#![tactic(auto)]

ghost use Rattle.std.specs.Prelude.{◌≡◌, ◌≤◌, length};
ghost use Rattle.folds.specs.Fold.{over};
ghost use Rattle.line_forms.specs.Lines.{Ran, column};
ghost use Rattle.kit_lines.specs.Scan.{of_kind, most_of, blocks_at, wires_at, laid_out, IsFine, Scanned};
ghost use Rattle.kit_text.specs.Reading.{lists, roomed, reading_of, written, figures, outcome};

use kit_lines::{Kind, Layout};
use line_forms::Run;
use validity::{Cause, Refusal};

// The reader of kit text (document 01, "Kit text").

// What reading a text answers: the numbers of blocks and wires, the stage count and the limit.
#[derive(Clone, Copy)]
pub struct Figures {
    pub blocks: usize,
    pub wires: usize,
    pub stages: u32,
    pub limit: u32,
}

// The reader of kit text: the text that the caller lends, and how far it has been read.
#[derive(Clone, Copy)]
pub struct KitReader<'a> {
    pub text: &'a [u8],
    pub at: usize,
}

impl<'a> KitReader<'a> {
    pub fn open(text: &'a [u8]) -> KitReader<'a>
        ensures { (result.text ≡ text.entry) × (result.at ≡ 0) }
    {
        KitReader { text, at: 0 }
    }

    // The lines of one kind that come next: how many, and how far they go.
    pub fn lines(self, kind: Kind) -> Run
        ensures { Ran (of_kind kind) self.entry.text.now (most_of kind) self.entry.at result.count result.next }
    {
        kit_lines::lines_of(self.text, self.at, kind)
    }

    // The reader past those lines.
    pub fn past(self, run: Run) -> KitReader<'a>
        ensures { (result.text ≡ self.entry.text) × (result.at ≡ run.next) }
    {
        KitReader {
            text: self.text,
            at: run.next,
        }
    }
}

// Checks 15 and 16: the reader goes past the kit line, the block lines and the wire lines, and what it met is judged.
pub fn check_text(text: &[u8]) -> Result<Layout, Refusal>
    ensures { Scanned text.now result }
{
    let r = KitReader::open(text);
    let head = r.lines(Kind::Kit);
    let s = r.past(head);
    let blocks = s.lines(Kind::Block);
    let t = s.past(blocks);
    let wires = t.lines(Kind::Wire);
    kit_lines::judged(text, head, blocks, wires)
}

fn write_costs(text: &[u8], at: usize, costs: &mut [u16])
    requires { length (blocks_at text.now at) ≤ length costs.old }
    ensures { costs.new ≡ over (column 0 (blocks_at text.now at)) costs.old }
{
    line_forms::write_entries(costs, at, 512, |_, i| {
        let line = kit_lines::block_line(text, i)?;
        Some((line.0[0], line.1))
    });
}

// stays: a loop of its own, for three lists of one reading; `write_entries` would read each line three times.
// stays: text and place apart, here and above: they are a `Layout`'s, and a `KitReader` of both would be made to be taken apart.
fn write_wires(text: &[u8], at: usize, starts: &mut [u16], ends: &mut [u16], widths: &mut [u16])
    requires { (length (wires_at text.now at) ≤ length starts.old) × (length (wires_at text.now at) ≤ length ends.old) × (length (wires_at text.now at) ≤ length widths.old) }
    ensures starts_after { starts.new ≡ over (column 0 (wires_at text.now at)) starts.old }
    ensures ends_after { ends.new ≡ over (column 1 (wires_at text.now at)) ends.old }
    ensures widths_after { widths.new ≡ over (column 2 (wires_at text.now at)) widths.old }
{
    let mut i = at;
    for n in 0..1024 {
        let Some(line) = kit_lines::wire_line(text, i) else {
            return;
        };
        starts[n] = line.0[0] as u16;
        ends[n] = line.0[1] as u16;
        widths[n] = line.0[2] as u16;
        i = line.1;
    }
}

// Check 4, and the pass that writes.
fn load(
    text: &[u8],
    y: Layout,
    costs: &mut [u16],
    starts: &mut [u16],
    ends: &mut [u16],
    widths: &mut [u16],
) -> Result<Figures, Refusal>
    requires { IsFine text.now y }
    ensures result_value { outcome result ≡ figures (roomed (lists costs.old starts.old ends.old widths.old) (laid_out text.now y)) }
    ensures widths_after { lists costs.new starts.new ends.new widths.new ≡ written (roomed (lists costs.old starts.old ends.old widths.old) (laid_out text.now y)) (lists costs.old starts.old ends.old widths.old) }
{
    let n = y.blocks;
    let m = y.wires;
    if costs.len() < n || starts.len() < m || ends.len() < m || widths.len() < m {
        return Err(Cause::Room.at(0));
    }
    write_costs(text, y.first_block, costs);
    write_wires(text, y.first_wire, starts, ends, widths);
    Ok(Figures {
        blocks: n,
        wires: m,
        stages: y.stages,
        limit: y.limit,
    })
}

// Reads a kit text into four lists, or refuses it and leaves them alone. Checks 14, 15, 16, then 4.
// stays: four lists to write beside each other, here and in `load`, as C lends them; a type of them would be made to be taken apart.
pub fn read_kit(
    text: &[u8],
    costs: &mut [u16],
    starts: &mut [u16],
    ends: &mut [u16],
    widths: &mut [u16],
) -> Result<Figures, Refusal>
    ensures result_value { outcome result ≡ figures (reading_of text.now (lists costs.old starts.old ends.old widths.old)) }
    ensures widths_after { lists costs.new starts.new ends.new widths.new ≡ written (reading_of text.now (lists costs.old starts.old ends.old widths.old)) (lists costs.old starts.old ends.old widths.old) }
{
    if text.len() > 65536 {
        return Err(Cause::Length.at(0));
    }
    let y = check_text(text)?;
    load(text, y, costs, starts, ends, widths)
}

.....

= Work request =
Could you retype the entire listing exactly?

= Result for this exercise =
#![tactic(auto)]

ghost use Rattle.std.specs.Prelude.{◌≡◌, ◌≤◌, length};
ghost use Rattle.folds.specs.Fold.{over};
ghost use Rattle.line_forms.specs.Lines.{Ran, column};
ghost use Rattle.kit_lines.specs.Scan.{of_kind, most_of, blocks_at, wires_at, laid_out, IsFine, Scanned};
ghost use Rattle.kit_text.specs.Reading.{lists, roomed, reading_of, written, figures, outcome};

use kit_lines::{Kind, Layout};
use line_forms::Run;
use validity::{Cause, Refusal};

// The reader of kit text (document 01, "Kit text").

// What reading a text answers: the numbers of blocks and wires, the stage count and the limit.
#[derive(Clone, Copy)]
pub struct Figures {
    pub blocks: usize,
    pub wires: usize,
    pub stages: u32,
    pub limit: u32,
}

// The reader of kit text: the text that the caller lends, and how far it has been read.
#[derive(Clone, Copy)]
pub struct KitReader<'a> {
    pub text: &'a [u8],
    pub at: usize,
}

impl<'a> KitReader<'a> {
    pub fn open(text: &'a [u8]) -> KitReader<'a>
        ensures { (result.text ≡ text.entry) × (result.at ≡ 0) }
    {
        KitReader { text, at: 0 }
    }

    // The lines of one kind that come next: how many, and how far they go.
    pub fn lines(self, kind: Kind) -> Run
        ensures { Ran (of_kind kind) self.entry.text.now (most_of kind) self.entry.at result.count result.next }
    {
        kit_lines::lines_of(self.text, self.at, kind)
    }

    // The reader past those lines.
    pub fn past(self, run: Run) -> KitReader<'a>
        ensures { (result.text ≡ self.entry.text) × (result.at ≡ run.next) }
    {
        KitReader {
            text: self.text,
            at: run.next,
        }
    }
}

// Checks 15 and 16: the reader goes past the kit line, the block lines and the wire lines, and what it met is judged.
pub fn check_text(text: &[u8]) -> Result<Layout, Refusal>
    ensures { Scanned text.now result }
{
    let r = KitReader::open(text);
    let head = r.lines(Kind::Kit);
    let s = r.past(head);
    let blocks = s.lines(Kind::Block);
    let t = s.past(blocks);
    let wires = t.lines(Kind::Wire);
    kit_lines::judged(text, head, blocks, wires)
}

fn write_costs(text: &[u8], at: usize, costs: &mut [u16])
    requires { length (blocks_at text.now at) ≤ length costs.old }
    ensures { costs.new ≡ over (column 0 (blocks_at text.now at)) costs.old }
{
    line_forms::write_entries(costs, at, 512, |_, i| {
        let line = kit_lines::block_line(text, i)?;
        Some((line.0[0], line.1))
    });
}

// stays: a loop of its own, for three lists of one reading; `write_entries` would read each line three times.
// stays: text and place apart, here and above: they are a `Layout`'s, and a `KitReader` of both would be made to be taken apart.
fn write_wires(text: &[u8], at: usize, starts: &mut [u16], ends: &mut [u16], widths: &mut [u16])
    requires { (length (wires_at text.now at) ≤ length starts.old) × (length (wires_at text.now at) ≤ length ends.old) × (length (wires_at text.now at) ≤ length widths.old) }
    ensures starts_after { starts.new ≡ over (column 0 (wires_at text.now at)) starts.old }
    ensures ends_after { ends.new ≡ over (column 1 (wires_at text.now at)) ends.old }
    ensures widths_after { widths.new ≡ over (column 2 (wires_at text.now at)) widths.old }
{
    let mut i = at;
    for n in 0..1024 {
        let Some(line) = kit_lines::wire_line(text, i) else {
            return;
        };
        starts[n] = line.0[0] as u16;
        ends[n] = line.0[1] as u16;
        widths[n] = line.0[2] as u16;
        i = line.1;
    }
}

// Check 4, and the pass that writes.
fn load(
    text: &[u8],
    y: Layout,
    costs: &mut [u16],
    starts: &mut [u16],
    ends: &mut [u16],
    widths: &mut [u16],
) -> Result<Figures, Refusal>
    requires { IsFine text.now y }
    ensures result_value { outcome result ≡ figures (roomed (lists costs.old starts.old ends.old widths.old) (laid_out text.now y)) }
    ensures widths_after { lists costs.new starts.new ends.new widths.new ≡ written (roomed (lists costs.old starts.old ends.old widths.old) (laid_out text.now y)) (lists costs.old starts.old ends.old widths.old) }
{
    let n = y.blocks;
    let m = y.wires;
    if costs.len() < n || starts.len() < m || ends.len() < m || widths.len() < m {
        return Err(Cause::Room.at(0));
    }
    write_costs(text, y.first_block, costs);
    write_wires(text, y.first_wire, starts, ends, widths);
    Ok(Figures {
        blocks: n,
        wires: m,
        stages: y.stages,
        limit: y.limit,
    })
}

// Reads a kit text into four lists, or refuses it and leaves them alone. Checks 14, 15, 16, then 4.
// stays: four lists to write beside each other, here and in `load`, as C lends them; a type of them would be made to be taken apart.
pub fn read_kit(
    text: &[u8],
    costs: &mut [u16],
    starts: &mut [u16],
    ends: &mut [u16],
    widths: &mut [u16],
) -> Result<Figures, Refusal>
    ensures result_value { outcome result ≡ figures (reading_of text.now (lists costs.old starts.old ends.old widths.old)) }
    ensures widths_after { lists costs.new starts.new ends.new widths.new ≡ written (reading_of text.now (lists costs.old starts.old ends.old widths.old)) (lists costs.old starts.old ends.old widths.old) }
{
    if text.len() > 65536 {
        return Err(Cause::Length.at(0));
    }
    let y = check_text(text)?;
    load(text, y, costs, starts, ends, widths)
}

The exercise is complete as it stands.